- _Records for this exercise_:

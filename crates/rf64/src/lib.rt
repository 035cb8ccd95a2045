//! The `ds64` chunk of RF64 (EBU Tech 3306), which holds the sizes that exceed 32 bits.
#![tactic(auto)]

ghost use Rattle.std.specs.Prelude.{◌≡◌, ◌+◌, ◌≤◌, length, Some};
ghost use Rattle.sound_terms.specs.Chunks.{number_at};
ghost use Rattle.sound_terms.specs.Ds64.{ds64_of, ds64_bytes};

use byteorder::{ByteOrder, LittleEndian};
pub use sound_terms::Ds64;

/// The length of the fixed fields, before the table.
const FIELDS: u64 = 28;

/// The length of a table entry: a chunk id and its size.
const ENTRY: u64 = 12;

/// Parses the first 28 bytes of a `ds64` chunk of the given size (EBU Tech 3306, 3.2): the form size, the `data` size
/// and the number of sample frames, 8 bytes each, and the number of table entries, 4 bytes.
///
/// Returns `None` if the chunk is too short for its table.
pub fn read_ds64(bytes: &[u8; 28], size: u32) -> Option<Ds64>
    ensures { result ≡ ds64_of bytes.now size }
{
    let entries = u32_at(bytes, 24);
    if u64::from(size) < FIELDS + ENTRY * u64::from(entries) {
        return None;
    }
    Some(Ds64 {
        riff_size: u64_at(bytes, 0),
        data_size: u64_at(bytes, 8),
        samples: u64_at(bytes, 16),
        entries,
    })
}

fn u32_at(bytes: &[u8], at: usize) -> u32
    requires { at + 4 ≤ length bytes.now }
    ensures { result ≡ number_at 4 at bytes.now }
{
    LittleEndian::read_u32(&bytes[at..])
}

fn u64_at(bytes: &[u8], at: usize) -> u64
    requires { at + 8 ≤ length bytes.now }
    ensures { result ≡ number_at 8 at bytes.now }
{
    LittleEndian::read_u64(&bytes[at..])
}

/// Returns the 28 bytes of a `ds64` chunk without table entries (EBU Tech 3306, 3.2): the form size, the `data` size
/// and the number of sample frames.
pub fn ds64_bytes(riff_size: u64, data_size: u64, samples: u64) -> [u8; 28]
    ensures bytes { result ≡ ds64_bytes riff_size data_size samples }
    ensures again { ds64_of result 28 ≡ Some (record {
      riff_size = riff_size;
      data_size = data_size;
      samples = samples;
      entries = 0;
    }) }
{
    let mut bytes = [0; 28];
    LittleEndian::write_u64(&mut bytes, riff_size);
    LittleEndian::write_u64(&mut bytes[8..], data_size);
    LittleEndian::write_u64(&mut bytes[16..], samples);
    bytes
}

==

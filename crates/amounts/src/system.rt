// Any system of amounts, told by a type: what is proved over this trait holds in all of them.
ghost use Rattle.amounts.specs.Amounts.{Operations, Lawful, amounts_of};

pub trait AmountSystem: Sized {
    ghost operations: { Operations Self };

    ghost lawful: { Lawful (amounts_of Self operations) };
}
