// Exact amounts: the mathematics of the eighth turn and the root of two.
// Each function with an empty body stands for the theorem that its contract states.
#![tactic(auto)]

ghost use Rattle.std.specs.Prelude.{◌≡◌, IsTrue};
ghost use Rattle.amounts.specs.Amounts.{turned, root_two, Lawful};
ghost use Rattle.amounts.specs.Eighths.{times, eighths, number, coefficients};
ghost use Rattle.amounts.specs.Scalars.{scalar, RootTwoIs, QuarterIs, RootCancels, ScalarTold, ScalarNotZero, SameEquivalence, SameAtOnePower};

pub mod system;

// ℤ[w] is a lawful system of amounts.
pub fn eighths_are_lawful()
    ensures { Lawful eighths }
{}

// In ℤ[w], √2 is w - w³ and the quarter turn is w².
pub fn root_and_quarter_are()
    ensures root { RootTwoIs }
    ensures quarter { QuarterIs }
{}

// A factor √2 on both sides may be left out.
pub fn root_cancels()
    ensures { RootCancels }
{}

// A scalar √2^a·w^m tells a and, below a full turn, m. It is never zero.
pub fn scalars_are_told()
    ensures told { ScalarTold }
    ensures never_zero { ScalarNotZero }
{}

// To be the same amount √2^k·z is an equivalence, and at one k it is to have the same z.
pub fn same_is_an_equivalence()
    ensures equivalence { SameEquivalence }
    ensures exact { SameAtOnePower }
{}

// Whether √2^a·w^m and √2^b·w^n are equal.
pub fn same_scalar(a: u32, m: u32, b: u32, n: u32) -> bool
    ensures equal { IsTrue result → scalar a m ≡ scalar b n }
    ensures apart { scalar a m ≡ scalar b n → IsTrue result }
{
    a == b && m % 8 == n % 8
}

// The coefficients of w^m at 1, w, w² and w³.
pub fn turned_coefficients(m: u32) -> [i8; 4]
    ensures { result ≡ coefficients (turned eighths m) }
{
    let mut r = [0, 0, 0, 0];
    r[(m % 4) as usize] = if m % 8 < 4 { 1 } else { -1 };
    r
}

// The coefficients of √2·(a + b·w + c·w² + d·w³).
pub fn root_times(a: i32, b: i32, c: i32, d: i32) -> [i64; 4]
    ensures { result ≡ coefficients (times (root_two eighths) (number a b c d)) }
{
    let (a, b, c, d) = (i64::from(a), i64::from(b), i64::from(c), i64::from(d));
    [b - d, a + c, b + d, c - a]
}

- _What you have to do_: In the lines above, find the word "SameAtOnePower" and copy every line it occurs in.

- _Solution to this task_:
ghost use Rattle.amounts.specs.Scalars.{scalar, RootTwoIs, QuarterIs, RootCancels, ScalarTold, ScalarNotZero, SameEquivalence, SameAtOnePower};
    ensures exact { SameAtOnePower }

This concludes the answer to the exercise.